Are the lifts of freely homotopic closed paths (with different start/endpoints) also closed freely homotopic paths? Weaker versions of this question have been asked before, but I am wondering about some more general cases:
Suppose that $\pi: E \to B$ is a covering space and $\alpha, \beta: [0, 1] \to B$ are closed freely homotopic paths (but we don't know if $\alpha(0) = \beta(0)$ or if $\alpha(1) = \beta(1)$). Assuming there is a closed lifting $\tilde{\beta}$ of $\beta$, must $\alpha$ have a closed lifting $\tilde{\alpha}$ as well? Must $\tilde{\alpha}$ be homotopic to $\tilde{\beta}$ in that case? Also, can we guarantee the existence of a closed lifting of $\beta$? If not, then must the liftings still be freely homotopic?
 A: Let's think of $\alpha$ and $\beta$ as being parameterized by the circle $S^1$:
$$\alpha : S^1 \to B
$$
$$\beta : S^1 \to B
$$
Now let's write out the assumptions:

*

*There exists a continuous function
$$H : S^1 \times [0,1] \to B
$$
such that $H(x,0)=\alpha(x)$ and $H(x,1)=\beta(x)$,

*There exists a lift $\tilde \beta : S^1 \to E$ of $\beta$. It follows that $\beta = \pi \circ \tilde\beta$.
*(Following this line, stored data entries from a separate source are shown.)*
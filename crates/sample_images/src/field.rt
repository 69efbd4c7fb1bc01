//! The numbers in an image's headers, by their names in the PE/COFF specification.

ghost use Rattle.std.specs.Prelude.{◌≤◌, ◌<◌};

/// A number of the headers of an image whose MS-DOS header has 64 bytes, so that the signature stands at 64, the COFF
/// header at 68 and the optional header at 88. The section table stands behind the optional header. A section is
/// named by its index in that table, from 0 on.
#[derive(Clone, Copy, Debug)]
pub enum Field {
    /// The bytes `MZ` at the beginning, which are 0x5A4D.
    DosSignature,
    /// The place of the signature, at 60.
    SignaturePlace,
    /// The bytes `PE` and two NULs at 64, which are 0x4550.
    Signature,
    /// Machine: 0x8664 is x86-64.
    Machine,
    /// NumberOfSections.
    NumberOfSections,
    /// SizeOfOptionalHeader: 112 and 8 more for each data directory.
    SizeOfOptionalHeader,
    /// Characteristics of the image.
    Characteristics,
    /// Magic: 0x20B is PE32+, and 0x10B is PE32.
    Magic,
    /// SizeOfInitializedData.
    SizeOfInitializedData,
    /// AddressOfEntryPoint.
    AddressOfEntryPoint,
    /// SectionAlignment: sections stand in memory at multiples of it.
    SectionAlignment,
    /// FileAlignment: raw data stand in the file at multiples of it.
    FileAlignment,
    /// SizeOfImage: how many bytes the image takes in memory.
    SizeOfImage,
    /// SizeOfHeaders.
    SizeOfHeaders,
    /// CheckSum.
    CheckSum,
    /// Subsystem: 10 is an EFI application.
    Subsystem,
    /// NumberOfRvaAndSizes: how many data directories there are.
    NumberOfRvaAndSizes,
    /// Size of the certificate table, which is the fifth data directory.
    CertificateTableSize,
    /// VirtualSize of a section.
    VirtualSize(u8),
    /// VirtualAddress of a section.
    VirtualAddress(u8),
    /// SizeOfRawData of a section.
    SizeOfRawData(u8),
    /// PointerToRawData of a section: the place of its first byte in the file.
    PointerToRawData(u8),
    /// Characteristics of a section.
    SectionCharacteristics(u8),
}

impl Field {
    /// The place of the field's first byte, where the optional header has so many bytes.
    pub(crate) fn place(self, optional_header: u16) -> usize {
        match self {
            Field::DosSignature => 0,
            Field::SignaturePlace => 60,
            Field::Signature => 64,
            Field::Machine => 68,
            Field::NumberOfSections => 70,
            Field::SizeOfOptionalHeader => 84,
            Field::Characteristics => 86,
            Field::Magic => 88,
            Field::SizeOfInitializedData => 96,
            Field::AddressOfEntryPoint => 104,
            Field::SectionAlignment => 120,
            Field::FileAlignment => 124,
            Field::SizeOfImage => 144,
            Field::SizeOfHeaders => 148,
            Field::CheckSum => 152,
            Field::Subsystem => 156,
            Field::NumberOfRvaAndSizes => 196,
            Field::CertificateTableSize => 236,
            Field::VirtualSize(index) => section_place(optional_header, index) + 8,
            Field::VirtualAddress(index) => section_place(optional_header, index) + 12,
            Field::SizeOfRawData(index) => section_place(optional_header, index) + 16,
            Field::PointerToRawData(index) => section_place(optional_header, index) + 20,
            Field::SectionCharacteristics(index) => section_place(optional_header, index) + 36,
        }
    }

    /// How many bytes the field has.
    pub(crate) fn width(self) -> usize
        ensures { result ≤ 4 }
    {
        match self {
            Field::DosSignature
            | Field::Machine
            | Field::NumberOfSections
            | Field::SizeOfOptionalHeader
            | Field::Characteristics
            | Field::Magic
            | Field::Subsystem => 2,
            _ => 4,
        }
    }
}

/// The place of a section's header, where the optional header has so many bytes.
pub(crate) fn section_place(optional_header: u16, index: u8) -> usize
    ensures { result < 76000 }
{
    88 + optional_header as usize + 40 * index as usize
}

// The number of little endian that stands at a place, in so many bytes. What lies past the end counts as 0.
fn number_at(file: &[u8], place: usize, width: usize) -> u32 {
    let mut bytes = [0; 4];
    for (slot, byte) in bytes.iter_mut().zip(file.iter().skip(place).take(width)) {
        *slot = *byte;
    }
    u32::from_le_bytes(bytes)
}

/// SizeOfOptionalHeader of a file.
pub(crate) fn optional_header_of(file: &[u8]) -> u16 {
    let [low, high, ..] = number_at(file, 84, 2).to_le_bytes();
    u16::from_le_bytes([low, high])
}

/// The number that a field of a file has. What lies past the file's end counts as 0.
pub fn field_of(file: &[u8], field: Field) -> u32 {
    let place = field.place(optional_header_of(file));
    number_at(file, place, field.width())
}
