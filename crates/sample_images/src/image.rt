//! An image that a test changes as it likes.

ghost use Rattle.std.specs.Prelude.{◌≤◌, length};

use crate::field::{Field, field_of, optional_header_of, section_place};
use crate::section::Section;

/// The most bytes that a sample has.
pub const ROOM: usize = 2048;

/// A file of at most 2,048 bytes.
#[derive(Clone, Copy)]
pub struct SampleImage {
    bytes: [u8; ROOM],
    length: usize,
}

impl SampleImage {
    /// The headers of an image for x86-64 with so many data directories (at most 16) and no section: 512 bytes, with
    /// pages of 4,096 bytes and raw data at multiples of 512.
    pub fn headers(directories: u8) -> SampleImage {
        let directories = directories.min(16) as u32;
        let mut image = SampleImage {
            bytes: [0; ROOM],
            length: 512,
        };
        image.set_all(&[
            (Field::DosSignature, 0x5A4D),
            (Field::SignaturePlace, 64),
            (Field::Signature, 0x4550),
            (Field::Machine, 0x8664),
            (Field::SizeOfOptionalHeader, 112 + 8 * directories),
            (Field::Characteristics, 0x22),
            (Field::Magic, 0x20B),
            (Field::AddressOfEntryPoint, 0x1000),
            (Field::SectionAlignment, 0x1000),
            (Field::FileAlignment, 512),
            (Field::SizeOfHeaders, 512),
            (Field::Subsystem, 10),
            (Field::NumberOfRvaAndSizes, directories),
        ]);
        image
    }

    /// The file's bytes.
    pub fn bytes(&self) -> &[u8]
        ensures { length result.now ≤ 2048 }
    {
        &self.bytes[..self.length.min(ROOM)]
    }

    /// The first bytes of the file, or all.
    pub fn front(&self, count: usize) -> &[u8]
        ensures few { length result.now ≤ count }
        ensures small { length result.now ≤ 2048 }
    {
        &self.bytes[..self.length.min(count).min(ROOM)]
    }

    /// Cuts the file to that length, or fills it up with zeros, to at most 2,048 bytes.
    pub fn resize(&mut self, length: usize) {
        self.length = length;
        for slot in self.bytes.iter_mut().skip(length) {
            *slot = 0;
        }
    }

    /// Puts bytes at a place, and fills the file up as far as they reach.
    pub fn put(&mut self, place: usize, bytes: &[u8]) {
        for (slot, byte) in self.bytes.iter_mut().skip(place).zip(bytes.iter()) {
            *slot = *byte;
        }
        self.length = self.length.max(place.saturating_add(bytes.len()));
    }

    /// Sets a field of the headers, to the lowest bytes of the number where it has fewer than four.
    pub fn set(&mut self, field: Field, value: u32) {
        let place = field.place(optional_header_of(&self.bytes));
        self.put(place, &value.to_le_bytes()[..field.width()]);
    }

    /// The image with a field of its headers set, as by `set`.
    pub fn with(self, field: Field, value: u32) -> SampleImage {
        let mut image = self;
        image.set(field, value);
        image
    }

    /// Sets fields of the headers in turn.
    pub fn set_all(&mut self, changes: &[(Field, u32)]) {
        for (field, value) in changes {
            self.set(*field, *value);
        }
    }

    /// Names the section at an index of the table, by at most eight bytes.
    pub fn set_name(&mut self, index: u8, name: &[u8]) {
        let place = section_place(optional_header_of(&self.bytes), index);
        self.put(place, &[0; 8]);
        self.put(place, &name[..name.len().min(8)]);
    }

    /// Puts a section's header at an index of the table, and nothing else.
    pub fn set_section(&mut self, index: u8, section: &Section<'_>) {
        self.set_name(index, section.name);
        self.set_all(&[
            (Field::VirtualSize(index), section.virtual_size),
            (Field::VirtualAddress(index), section.virtual_address),
            (Field::SizeOfRawData(index), section.size_of_raw_data),
            (Field::PointerToRawData(index), section.pointer_to_raw_data),
            (
                Field::SectionCharacteristics(index),
                section.characteristics,
            ),
        ]);
    }

    /// Adds a section behind those that are there, with the first of its raw data, and counts it in NumberOfSections
    /// and SizeOfImage. The file is filled up to the end of the raw data.
    pub fn add_section(&mut self, section: &Section<'_>, content: &[u8]) {
        let count = field_of(&self.bytes, Field::NumberOfSections).min(255);
        self.set_section(count as u8, section);
        self.set(Field::NumberOfSections, count + 1);
        self.set(Field::SizeOfImage, section.memory_end());
        if section.size_of_raw_data > 0 {
            self.put(section.pointer_to_raw_data as usize, content);
            self.length = self.length.max(section.raw_end());
        }
    }
}
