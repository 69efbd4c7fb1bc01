//! Section headers.

/// Characteristics of a section of code.
pub const CODE: u32 = 0x6000_0020;

/// Characteristics of a section of code that is only read, as a kernel's is.
pub const READ_ONLY_CODE: u32 = 0x4000_0020;

/// Characteristics of a section of data that is only read.
pub const DATA: u32 = 0x4000_0040;

/// A section's header, by the names of the PE/COFF specification.
#[derive(Clone, Copy)]
pub struct Section<'a> {
    /// Name: up to eight bytes, which are filled up with NUL.
    pub name: &'a [u8],
    /// VirtualSize: how many bytes the section has in memory.
    pub virtual_size: u32,
    /// VirtualAddress: its place in memory.
    pub virtual_address: u32,
    /// SizeOfRawData: how many bytes it has in the file.
    pub size_of_raw_data: u32,
    /// PointerToRawData: its place in the file.
    pub pointer_to_raw_data: u32,
    /// Characteristics.
    pub characteristics: u32,
}

/// The section of code of a stub: 32 bytes in memory at 4,096, and 512 in the file behind headers of 512 bytes.
pub const TEXT: Section<'static> = Section {
    name: b".text",
    virtual_size: 32,
    virtual_address: 0x1000,
    size_of_raw_data: 512,
    pointer_to_raw_data: 512,
    characteristics: CODE,
};

impl Section<'_> {
    /// A section that has no bytes in the file and none in memory.
    pub fn empty(name: &[u8], virtual_address: u32) -> Section<'_> {
        Section {
            name,
            virtual_size: 0,
            virtual_address,
            size_of_raw_data: 0,
            pointer_to_raw_data: 0,
            characteristics: 0,
        }
    }

    /// Where its raw data end in the file.
    pub(crate) fn raw_end(&self) -> usize {
        self.pointer_to_raw_data as usize + self.size_of_raw_data as usize
    }

    /// The place in memory behind its last page, as SizeOfImage has it. An empty section takes one page, and what is
    /// past 32 bits counts as the last page.
    pub(crate) fn memory_end(&self) -> u32 {
        let size = self.virtual_size.max(1) as u64;
        let pages = (self.virtual_address as u64 + size).div_ceil(4096);
        u32::try_from(pages * 4096).unwrap_or(0xFFFF_F000)
    }
}
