//! Small PE32+ images for tests, whose headers are set by the names of their fields (Microsoft PE/COFF).
//!
//! A `SampleImage` begins as headers without a section, or as one of the samples: `stub`, `stub_with_sbat` and so on.
//! A test adds sections to it, sets fields and puts bytes into it, right or wrong. Nothing here reads or checks an
//! image, and no call fails: what has no room is left out. All places and sizes are counted in bytes.
#![tactic(auto)]

mod field;
mod image;
mod samples;
mod section;

pub use field::{Field, field_of};
pub use image::{ROOM, SampleImage};
pub use samples::{LINUX, OSREL_TEXT, SBAT_TEXT};
pub use section::{CODE, DATA, READ_ONLY_CODE, Section, TEXT};
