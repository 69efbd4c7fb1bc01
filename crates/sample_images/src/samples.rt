//! Stubs and images that several tests share.

use crate::field::Field;
use crate::image::SampleImage;
use crate::section::{DATA, READ_ONLY_CODE, Section, TEXT};

/// The section of a kernel of three bytes, behind the `.text` of a stub.
pub const LINUX: Section<'static> = Section {
    name: b".linux",
    virtual_size: 3,
    virtual_address: 0x2000,
    size_of_raw_data: 512,
    pointer_to_raw_data: 1024,
    characteristics: READ_ONLY_CODE,
};

/// An `.sbat` of 116 bytes: the line of the format, and one of a stub.
pub const SBAT_TEXT: &str =
    "sbat,1,SBAT Version,sbat,1,https://github.com/rhboot/shim/blob/main/SBAT.md\nstub,1,Stub,stub,1,https://example.org/\n";

/// An os-release text of 27 bytes.
pub const OSREL_TEXT: &str = "ID=demo\nPRETTY_NAME=\"Demo\"\n";

impl SampleImage {
    /// A stub of 1,024 bytes: no data directory, and one section `.text`. There is room for six more section headers.
    pub fn stub() -> SampleImage {
        let mut stub = SampleImage::headers(0);
        stub.add_section(&TEXT, b"");
        stub
    }

    /// The stub with a second section of data at 1,024, of which 512 bytes are in the file: 1,536 bytes.
    pub fn stub_with(name: &[u8], virtual_size: u32, content: &[u8]) -> SampleImage {
        let mut stub = SampleImage::stub();
        let section = Section {
            name,
            virtual_size,
            characteristics: DATA,
            ..LINUX
        };
        stub.add_section(&section, content);
        stub
    }

    /// The stub with an `.sbat` of 116 bytes, which begins with these: 1,536 bytes.
    pub fn stub_with_sbat(content: &[u8]) -> SampleImage {
        SampleImage::stub_with(b".sbat", 116, content)
    }

    /// A stub of 1,024 bytes with five data directories that names a certificate table.
    pub fn signed_stub() -> SampleImage {
        let mut stub = SampleImage::headers(5);
        stub.set(Field::CertificateTableSize, 8);
        stub.add_section(&TEXT, b"");
        stub
    }

    /// A stub as usual tools link it, of 1,537 bytes: 16 data directories, headers of 1,024 bytes, a checksum, five
    /// sections of which only `.text` has raw data, and a byte behind these.
    pub fn usual_stub() -> SampleImage {
        let mut stub = SampleImage::headers(16);
        stub.set_all(&[
            (Field::SizeOfInitializedData, 0x105),
            (Field::SizeOfHeaders, 1024),
            (Field::CheckSum, 0x0403_0201),
        ]);
        let text = Section {
            pointer_to_raw_data: 1024,
            ..TEXT
        };
        stub.add_section(&text, b"code");
        stub.add_section(&Section::empty(b".rodata", 0x2000), b"");
        stub.add_section(&Section::empty(b".data", 0x3000), b"");
        stub.add_section(&Section::empty(b".sdmagic", 0x4000), b"");
        stub.add_section(&Section::empty(b".reloc", 0x5000), b"");
        stub.put(1536, b"x");
        stub
    }

    /// The image of the stub and a kernel of the bytes `abc`: 1,536 bytes.
    pub fn kernel_image() -> SampleImage {
        let mut image = SampleImage::stub();
        image.set(Field::SizeOfInitializedData, 3);
        image.add_section(&LINUX, b"abc");
        image
    }

    /// The image of the stub, a section of data and a kernel of the bytes `abc`: 2,048 bytes.
    pub fn image_of_two(name: &[u8], content: &[u8]) -> SampleImage {
        let size = (content.len().min(512)) as u32;
        let mut image = SampleImage::stub_with(name, size, content);
        image.set(Field::SizeOfInitializedData, size + 3);
        let linux = Section {
            virtual_address: 0x3000,
            pointer_to_raw_data: 1536,
            ..LINUX
        };
        image.add_section(&linux, b"abc");
        image
    }
}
I'll prove that there exists a lift $\widetilde H : S^1 \times [0,1] \to E$ of $H$ such that $\widetilde H(x,1)=\tilde \beta(x)$. It follows that $\tilde\alpha(x) = \widetilde H(x,0)$ is a lift of $\alpha$ and that $\widetilde H$ is a free homotopy from $\tilde\alpha$ to $\tilde\beta$.
The proof will use the general lifting lemma. Denote the base point on $S^1$ as $x_0$, denote the base point of $S^1 \times [0,1]$ as $(x_0,1)$, and denote $p = \beta(x_0) = H (x_0,1) \in B$. Also denote $\tilde p = \tilde \beta(x_0)$. To apply the general lifting lemma we need to check whether the image of the induced homomorphism
$$H_* : \pi_1(S^1 \times[0,1],(x_0,1)) \to \pi_1(B,p)
$$
is contained in the image of the induced homomorphism
$$\pi_* : \pi_1(E,\tilde p) \to \pi_1(B,p)
$$
We'll use the induced homomorphisms
$$\beta_* : \pi_1(S^1,x_0) \to \pi_1(B,p) \quad\text{and}\quad \tilde\beta_* : \pi_1(S^1,x_0) \to \pi_1(E,\tilde p)
$$
It follows that
$$\beta_* = \pi_* \circ \tilde\beta_*
$$
Since $S^1 \times [0,1]$ deformation retracts to $S^1 \times \{1\}$, it follows that
$$\text{image}(H_*) = \text{image}(\beta_*) = \text{image}(\pi_* \circ \tilde\beta_*) \subset \pi_*(\text{image}(\tilde\beta_*)) \subset \text{image}(\pi_*)
$$
and we're done.